=== DIRECTIONS ===
When the line containing "and in none" appears in the data below, begin copying there and stop only after the line containing "and TI set, in".

=== SOURCE INFORMATION ===

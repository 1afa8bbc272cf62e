//! What holds of every machine cycle. Each law is the contract of a function that does nothing.
ghost use Rattle.m51_timers_uart.specs.CountLaws.{TimersCountUp};
ghost use Rattle.m51_timers_uart.specs.KeptLaws.{TheRestIsKept, TimerZeroIsTold};
ghost use Rattle.m51_timers_uart.specs.LineLaws.{LineIsBounded, NinthBitsAreApart, OneBitPasses, OneByteIsSent};
ghost use Rattle.m51_timers_uart.specs.OnlyCounting.{DevicesCountOn};
ghost use Rattle.m51_timers_uart.specs.RateLaws.{ModeOneIsSentInTime};
ghost use Rattle.m51_timers_uart.specs.RowLaws.{ModeOneIsSentAtItsCycle, TimerOneCountsCycles};

/// A timer overflows at the count that reaches its size and at none before, and then continues from its reload value:
/// in mode 1 after 65,536 counts less its number, in mode 2 after 256 less TL, and from TH.
///
/// Source: family manual.
pub fn timers_count_up()
    ensures { TimersCountUp }
{}

/// Timer 1 in modes 0 to 2, while it runs free: TR1 is 1, GATE and C/T are 0. Each cycle counts by one. In the cycle in
/// which the number reaches its size, 65,536 less it in mode 1 and 256 less TL1 in mode 2, TF1 is set, and the number
/// is its reload value; in the cycles before it TF1 stays. The cycles come one after another; what runs between two
/// ticks does not write TH1, TL1, TMOD and TR1, and timer 0 is not in mode 3 in the last of them.
///
/// Source: family manual.
pub fn timer_1_counts_cycles()
    ensures { TimerOneCountsCycles }
{}

/// In a tick at most one bit time passes, and what is sent is the byte on its way, when its last bit time passes.
///
/// Source: family manual.
pub fn one_bit_passes()
    ensures { OneBitPasses }
{}

/// From one write to SBUF to the next at most one byte is sent, so a step of the processor sends at most one.
///
/// Source: family manual.
#[tactic(auto, using(crate::proofs::Lines::one_byte_is_sent))]
pub fn one_byte_is_sent()
    ensures { OneByteIsSent }
{}

/// From a byte that was sent to the next one with a ninth bit there are at least nine machine cycles between.
///
/// Source: family manual.
#[tactic(auto, using(crate::proofs::Lines::ninth_bits_are_apart))]
pub fn ninth_bits_are_apart()
    ensures { NinthBitsAreApart }
{}

/// A write to SBUF in mode 1, by what the line gets: while TCLK is 0 and SMOD stays, the byte is sent in the tick in
/// which timer 1 overflows for the last time of its nine bit times, each of 32 overflows or with SMOD 16, and in none
/// before. What makes timer 1 overflow does not matter.
///
/// Source: family manual; own choice ("Bit times").
pub fn mode_1_is_sent_in_time()
    ensures { ModeOneIsSentInTime }
{}

/// A write to SBUF in mode 1, while timer 1 runs free in mode 2 and gives the rate: the byte is sent, and TI set, in
/// the cycle in which timer 1 overflows for the last time of its nine bit times, each of 32 overflows or with SMOD
/// 16. That is 256 less TL1 cycles to the first overflow and 256 less TH1 to each later one. In no cycle before it is
/// anything sent, nor TI changed. The cycles come one after another; what runs between two ticks does not write TH1,
/// TL1, TMOD, TR1, TCLK, SMOD and SBUF.
///
/// Source: family manual; own choice ("Bit times").
pub fn mode_1_is_sent_at_its_cycle()
    ensures { ModeOneIsSentAtItsCycle }
{}

/// At most ten bit times are left, the mode is 0 to 3, and less has passed than the longest bit time: after a reset,
/// after a write to SBUF, and after each tick from such a state.
///
/// Source: own choice ("Bit times").
#[tactic(auto, using(crate::proofs::Lines::line_is_bounded))]
pub fn line_is_bounded()
    ensures { LineIsBounded }
{}

/// A tick leaves PC, the levels in progress and every register that is not a device's as they are.
///
/// Source: family manual.
pub fn the_rest_is_kept()
    ensures { TheRestIsKept }
{}

/// Where timer 0 is not in mode 3, TH0 and TL0 after a tick are those of its count, or as before where it does not
/// count: no later part of the tick writes them.
///
/// Source: family manual.
#[tactic(auto, using(crate::proofs::Running::timer_0_is_told))]
pub fn timer_0_is_told()
    ensures { TimerZeroIsTold }
{}

/// Machine cycles in which the devices only count: the tick of each adds one to the low byte of each timer that runs,
/// changes nothing else and sends nothing.
///
/// Source: family manual; own choice ("Cycles in which nothing happens").
pub fn devices_count_on()
    ensures { DevicesCountOn }
{}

=== TASK ANSWER ===
/// which timer 1 overflows for the last time of its nine bit times, each of 32 overflows or with SMOD 16, and in none
/// before. What makes timer 1 overflow does not matter.
///
/// Source: family manual; own choice ("Bit times").
pub fn mode_1_is_sent_in_time()
    ensures { ModeOneIsSentInTime }
{}

/// A write to SBUF in mode 1, while timer 1 runs free in mode 2 and gives the rate: the byte is sent, and TI set, in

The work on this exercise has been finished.